Cuda unified memory usage is not accounted by linux cgroup

System environment:
OS: Ubuntu 20.04
Linux kernel version: 5.15.0-46-generic
Nvidia Driver version: 515.86.01
CUDA version: 11.7

Did a simple test by using cuda unified memory to allocate GPU memory with over-subscription, and run that test binary under a linux cgroup with memory constraints of 500MB, like the following commands:

sudo apt install cgroup-tools
sudo cgcreate -g memory:myGroup
sudo su
echo 500M > /sys/fs/cgroup/memory/myGroup/memory.limit_in_bytes
sudo cgexec -g memory:myGroup ./cuda_unified_memory_test

After running this binary, we could see that even with more than 500MB being touched and consumed in this binary, it is not OOM’ed by the linux cgroup, while inspecting the pmap of that process saw the big rss usage:

Linux# sudo pmap -p <pid of the test binary> | grep nvidia-uvm
0000000204600000   2048K rw-s- /dev/nvidia-uvm
00007fc060000000 4194304K rw-s- /dev/nvidia-uvm
Linux# cat /sys/fs/cgroup/memory/myGroup/memory.usage_in_bytes

Therefore, I would make an assumption that oversubscribed GPU memory by cuda unified memory will not be constraints by the Linux cgroup (we are using v1 now).
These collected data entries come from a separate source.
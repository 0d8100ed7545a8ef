//! What a level protects.

ghost use Rattle.std.specs.Prelude.{◌≡◌, map};
ghost use Rattle.vrx_fec.specs.Parity.{spans_of};
ghost use Rattle.vrx_fec.specs.View.{view_level};

use crate::fec::Level;
use arrayvec::ArrayVec;

/// A level protects the packets that its mask names, and so many octets of each.
#[derive(Clone, Copy, Debug, Default)]
pub(crate) struct Span {
    pub(crate) mask: u64,
    pub(crate) size: usize,
}

/// What levels protect.
pub(crate) fn spans_of(levels: &ArrayVec<Level<'_>, 8>) -> ArrayVec<Span, 8>
    ensures { result.items ≡ spans_of (map view_level levels.now.items) }
{
    let mut spans = ArrayVec::new();
    for level in levels.as_slice() {
        spans.push(Span {
            mask: level.mask,
            size: level.octets.len(),
        });
    }
    spans
}
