//! The masks of levels (RFC 5109 7.4).

ghost use Rattle.std.specs.Prelude.{◌≡◌, not, nat_lt};
ghost use Rattle.std.specs.List.{list_all};
ghost use Rattle.vrx_fec.specs.Mask.{is_named, is_within, offsets, width};

/// How many bits a mask has.
pub(crate) fn width(long: bool) -> u16
    ensures { result ≡ width long }
{
    if long { 48 } else { 16 }
}

/// Whether a mask names an offset.
pub(crate) fn is_named(long: bool, mask: u64, offset: u16) -> bool
    ensures { result ≡ is_named long mask offset }
{
    let width = width(long);
    if offset < width {
        (mask >> (width - 1 - offset)) % 2 == 1
    } else {
        false
    }
}

/// Whether a mask names no offset but those that another one names.
pub(crate) fn is_within(mask: u64, other: u64) -> bool
    ensures { result ≡ is_within mask other }
{
    mask & other == mask
}

/// Whether a mask names an offset that isn't below a number.
pub(crate) fn names_from(long: bool, mask: u64, first: u16) -> bool
    ensures { result ≡ not (list_all (λ i. nat_lt i first) (offsets long mask)) }
{
    for offset in first..width(long) {
        if is_named(long, mask, offset) {
            return true;
        }
    }
    false
}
Please let me know if I missed anything, or there is an effort tracking and enhancing this already.

From production impact perspective, if the process is running on kubernetes and failed to be constrained by linux cgroup from memory perspective, then it will lead to system OOM, which could be bigger issue on production offline job running.